• Exercise material:
===

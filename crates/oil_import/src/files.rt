//! OIL: grammar. A whole file: its version, its CPU and what else stands beside it.

use crate::attributes::{is_cpu, is_cpu_name};
use crate::bends::Bends;
use crate::braces::inside;
use crate::budgets::Budgets;
use crate::counters::Counters;
use crate::declared::{DEFAULT_MODE, DeclaredObjects};
use crate::defaults::Defaults;
use crate::draft::Draft;
use crate::items::{Item, Written};
use crate::links::Links;
use crate::long_names::reason_against_name;
use crate::messages::{Messages, Subject, Verdict};
use crate::objects::depth_of;
use crate::priorities::Priorities;
use crate::reasons;
use crate::settings::Importer;
use crate::sources::Place;
use oil_reader::Kind;
use std::alloc::{AllocError, Global};

/// What a file has besides comments.
const VERSION: &str = "OIL_VERSION";

const CPU: &str = "CPU";

/// The number of the first CPU outside all braces.
fn first_cpu(items: &[Item<'_>]) -> Option<usize> {
    items
        .iter()
        .position(|item| item.depth == 0 && is_cpu(item.word))
}

/// Whether a version stands outside all braces.
fn has_version(items: &[Item<'_>]) -> bool {
    items
        .iter()
        .any(|item| item.depth == 0 && item.word == VERSION)
}

/// What stands in the braces of the item of that number.
fn of_cpu<'t, 'a>(items: &'t [Item<'a>], cpu: Option<usize>) -> &'t [Item<'a>] {
    match cpu {
        Some(number) => inside(items, number, 0),
        None => &[],
    }
}

impl<'a> Importer<'a> {
    /// Nothing so far, of a CPU that has such objects.
    pub(crate) fn new(
        alloc: Global,
        objects: &[Item<'a>],
        defaults: Defaults<'a>,
        messages: Messages<'a>,
        is_bending: bool,
    ) -> Result<Self, AllocError> {
        let depth = depth_of(objects);
        Ok(Importer {
            objects: DeclaredObjects::new(alloc, objects, depth)?,
            priorities: Priorities::new(alloc, objects, depth, &defaults, is_bending)?,
            links: Links::new(alloc, objects, depth)?,
            counters: Counters::new(alloc, objects, depth, &defaults)?,
            bends: Bends::new(alloc, objects, depth, is_bending)?,
            defaults,
            messages,
            draft: Draft::new(alloc),
            budgets: Budgets::new(alloc),
            needs_default_mode: false,
        })
    }

    /// What stands outside all braces; of the first CPU with what stands in its braces.
    fn outer(
        &mut self,
        alloc: Global,
        item: &Item<'a>,
        cpu: Option<&[Item<'a>]>,
    ) -> Result<(), AllocError> {
        if self.refuse_form(item)? {
            return Ok(());
        }
        let subject = Subject::Word(item.word);
        match item.word {
            VERSION => self.version(item),
            word if is_cpu(word) => match cpu {
                Some(objects) => self.cpu(alloc, item, objects),
                None => self
                    .messages
                    .refuse(item.place, subject, reasons::SECOND_CPU),
            },
            "IMPLEMENTATION" => {
                let reason = reasons::IMPLEMENTATION;
                self.messages.leave_out(item.place, subject, reason)
            }
            _ => self
                .messages
                .leave_out(item.place, subject, reasons::OUTSIDE),
        }
    }

    fn version(&mut self, item: &Item<'a>) -> Result<(), AllocError> {
        let subject = Subject::Word(VERSION);
        match item.written {
            Written::Text(b"2.5") => Ok(()),
            Written::Text(_) => {
                let reason = reasons::OTHER_VERSION;
                self.messages
                    .tell(item.written_place, Verdict::Set, subject, reason)
            }
            _ => self.messages.refuse(item.place, subject, reasons::NO_VALUE),
        }
    }

    /// The CPU and its objects.
    fn cpu(
        &mut self,
        alloc: Global,
        item: &Item<'a>,
        objects: &[Item<'a>],
    ) -> Result<(), AllocError> {
        let subject = Subject::Word(CPU);
        let Written::Name(name) = item.written else {
            return self.messages.refuse(item.place, subject, reasons::NO_NAME);
        };
        if !is_cpu_name(name) {
            let subject = Subject::Object(CPU, name);
            let place = item.written_place;
            self.messages
                .refuse(place, subject, reason_against_name(name))?;
        }
        self.draft.open_file(name)?;
        let depth = depth_of(objects);
        for (number, object) in objects.iter().enumerate() {
            if object.depth == depth {
                let attributes = inside(objects, number, depth);
                self.object(alloc, number, object, attributes)?;
            }
        }
        self.end_cpu(item.end)
    }

    /// Adds what a CPU needs, and closes it.
    fn end_cpu(&mut self, end: Place) -> Result<(), AllocError> {
        if self.objects.count(Kind::Os) == 0 {
            let subject = Subject::Word("OS");
            self.messages.refuse(end, subject, reasons::MISSING)?;
        }
        if self.lacks_default_mode() {
            self.add_default_mode(end)?;
        }
        self.draft.close_file()
    }

    /// Whether the mode is wanted that is there without being declared.
    fn lacks_default_mode(&self) -> bool {
        let is_wanted = self.needs_default_mode || self.objects.count(Kind::AppMode) == 0;
        is_wanted && self.objects.find(Kind::AppMode, DEFAULT_MODE).is_none()
    }

    fn add_default_mode(&mut self, end: Place) -> Result<(), AllocError> {
        let subject = Subject::Object("APPMODE", DEFAULT_MODE);
        self.messages
            .tell(end, Verdict::Set, subject, reasons::DEFAULT_MODE)?;
        self.draft.open_object("APPMODE", DEFAULT_MODE)?;
        self.draft.close_object()
    }

    /// Takes all items up to the end of a file, of which one is its CPU.
    fn items(
        &mut self,
        alloc: Global,
        items: &[Item<'a>],
        cpu: Option<usize>,
        end: Place,
    ) -> Result<(), AllocError> {
        for (number, item) in items.iter().enumerate() {
            if item.depth == 0 {
                let objects = if cpu == Some(number) {
                    Some(inside(items, number, 0))
                } else {
                    None
                };
                self.outer(alloc, item, objects)?;
            }
        }
        if !has_version(items) {
            let subject = Subject::Word(VERSION);
            let place = Place::first(0);
            self.messages
                .tell(place, Verdict::Set, subject, reasons::NO_VERSION)?;
        }
        if cpu.is_none() {
            let subject = Subject::Word(CPU);
            self.messages.refuse(end, subject, reasons::NO_CPU)?;
        }
        Ok(())
    }
}

/// What items become.
pub(crate) fn import_items<'a>(
    alloc: Global,
    items: &[Item<'a>],
    defaults: Defaults<'a>,
    end: Place,
    messages: Messages<'a>,
    is_bending: bool,
) -> Result<Importer<'a>, AllocError> {
    let cpu = first_cpu(items);
    let mut importer = Importer::new(alloc, of_cpu(items, cpu), defaults, messages, is_bending)?;
    importer.items(alloc, items, cpu, end)?;
    Ok(importer)
}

===

• Goal of the exercise: What is needed is an exact copy of all the data above.

• Written response:
filename crates/oil_import/src/files.rt
//! OIL: grammar. A whole file: its version, its CPU and what else stands beside it.

use crate::attributes::{is_cpu, is_cpu_name};
use crate::bends::Bends;
use crate::braces::inside;
use crate::budgets::Budgets;
use crate::counters::Counters;
use crate::declared::{DEFAULT_MODE, DeclaredObjects};
use crate::defaults::Defaults;
use crate::draft::Draft;
use crate::items::{Item, Written};
use crate::links::Links;
use crate::long_names::reason_against_name;
use crate::messages::{Messages, Subject, Verdict};
use crate::objects::depth_of;
use crate::priorities::Priorities;
use crate::reasons;
use crate::settings::Importer;
use crate::sources::Place;
use oil_reader::Kind;
use std::alloc::{AllocError, Global};

/// What a file has besides comments.
const VERSION: &str = "OIL_VERSION";

const CPU: &str = "CPU";

/// The number of the first CPU outside all braces.
fn first_cpu(items: &[Item<'_>]) -> Option<usize> {
    items
        .iter()
        .position(|item| item.depth == 0 && is_cpu(item.word))
}

/// Whether a version stands outside all braces.
fn has_version(items: &[Item<'_>]) -> bool {
    items
        .iter()
        .any(|item| item.depth == 0 && item.word == VERSION)
}

/// What stands in the braces of the item of that number.
fn of_cpu<'t, 'a>(items: &'t [Item<'a>], cpu: Option<usize>) -> &'t [Item<'a>] {
    match cpu {
        Some(number) => inside(items, number, 0),
        None => &[],
    }
}

impl<'a> Importer<'a> {
    /// Nothing so far, of a CPU that has such objects.
    pub(crate) fn new(
        alloc: Global,
        objects: &[Item<'a>],
        defaults: Defaults<'a>,
        messages: Messages<'a>,
        is_bending: bool,
    ) -> Result<Self, AllocError> {
        let depth = depth_of(objects);
        Ok(Importer {
            objects: DeclaredObjects::new(alloc, objects, depth)?,
            priorities: Priorities::new(alloc, objects, depth, &defaults, is_bending)?,
            links: Links::new(alloc, objects, depth)?,
            counters: Counters::new(alloc, objects, depth, &defaults)?,
            bends: Bends::new(alloc, objects, depth, is_bending)?,
            defaults,
            messages,
            draft: Draft::new(alloc),
            budgets: Budgets::new(alloc),
            needs_default_mode: false,
        })
    }

    /// What stands outside all braces; of the first CPU with what stands in its braces.
    fn outer(
        &mut self,
        alloc: Global,
        item: &Item<'a>,
        cpu: Option<&[Item<'a>]>,
    ) -> Result<(), AllocError> {
        if self.refuse_form(item)? {
            return Ok(());
        }
        let subject = Subject::Word(item.word);
        match item.word {
            VERSION => self.version(item),
            word if is_cpu(word) => match cpu {
                Some(objects) => self.cpu(alloc, item, objects),
                None => self
                    .messages
                    .refuse(item.place, subject, reasons::SECOND_CPU),
            },
            "IMPLEMENTATION" => {
                let reason = reasons::IMPLEMENTATION;
                self.messages.leave_out(item.place, subject, reason)
            }
            _ => self
                .messages
                .leave_out(item.place, subject, reasons::OUTSIDE),
        }
    }

    fn version(&mut self, item: &Item<'a>) -> Result<(), AllocError> {
        let subject = Subject::Word(VERSION);
        match item.written {
            Written::Text(b"2.5") => Ok(()),
            Written::Text(_) => {
                let reason = reasons::OTHER_VERSION;
                self.messages
                    .tell(item.written_place, Verdict::Set, subject, reason)
            }
            _ => self.messages.refuse(item.place, subject, reasons::NO_VALUE),
        }
    }

    /// The CPU and its objects.
    fn cpu(
        &mut self,
        alloc: Global,
        item: &Item<'a>,
        objects: &[Item<'a>],
    ) -> Result<(), AllocError> {
        let subject = Subject::Word(CPU);
        let Written::Name(name) = item.written else {
            return self.messages.refuse(item.place, subject, reasons::NO_NAME);
        };
        if !is_cpu_name(name) {
            let subject = Subject::Object(CPU, name);
            let place = item.written_place;
            self.messages
                .refuse(place, subject, reason_against_name(name))?;
        }
        self.draft.open_file(name)?;
        let depth = depth_of(objects);
        for (number, object) in objects.iter().enumerate() {
            if object.depth == depth {
                let attributes = inside(objects, number, depth);
                self.object(alloc, number, object, attributes)?;
            }
        }
        self.end_cpu(item.end)
    }

    /// Adds what a CPU needs, and closes it.
    fn end_cpu(&mut self, end: Place) -> Result<(), AllocError> {
        if self.objects.count(Kind::Os) == 0 {
            let subject = Subject::Word("OS");
            self.messages.refuse(end, subject, reasons::MISSING)?;
        }
        if self.lacks_default_mode() {
            self.add_default_mode(end)?;
        }
        self.draft.close_file()
    }

    /// Whether the mode is wanted that is there without being declared.
    fn lacks_default_mode(&self) -> bool {
        let is_wanted = self.needs_default_mode || self.objects.count(Kind::AppMode) == 0;
        is_wanted && self.objects.find(Kind::AppMode, DEFAULT_MODE).is_none()
    }

    fn add_default_mode(&mut self, end: Place) -> Result<(), AllocError> {
        let subject = Subject::Object("APPMODE", DEFAULT_MODE);
        self.messages
            .tell(end, Verdict::Set, subject, reasons::DEFAULT_MODE)?;
        self.draft.open_object("APPMODE", DEFAULT_MODE)?;
        self.draft.close_object()
    }

    /// Takes all items up to the end of a file, of which one is its CPU.
    fn items(
        &mut self,
        alloc: Global,
        items: &[Item<'a>],
        cpu: Option<usize>,
        end: Place,
    ) -> Result<(), AllocError> {
        for (number, item) in items.iter().enumerate() {
            if item.depth == 0 {
                let objects = if cpu == Some(number) {
                    Some(inside(items, number, 0))
                } else {
                    None
                };
                self.outer(alloc, item, objects)?;
            }
        }
        if !has_version(items) {
            let subject = Subject::Word(VERSION);
            let place = Place::first(0);
            self.messages
                .tell(place, Verdict::Set, subject, reasons::NO_VERSION)?;
        }
        if cpu.is_none() {
            let subject = Subject::Word(CPU);
            self.messages.refuse(end, subject, reasons::NO_CPU)?;
        }
        Ok(())
    }
}

/// What items become.
pub(crate) fn import_items<'a>(
    alloc: Global,
    items: &[Item<'a>],
    defaults: Defaults<'a>,
    end: Place,
    messages: Messages<'a>,
    is_bending: bool,
) -> Result<Importer<'a>, AllocError> {
    let cpu = first_cpu(items);
    let mut importer = Importer::new(alloc, of_cpu(items, cpu), defaults, messages, is_bending)?;
    importer.items(alloc, items, cpu, end)?;
    Ok(importer)
}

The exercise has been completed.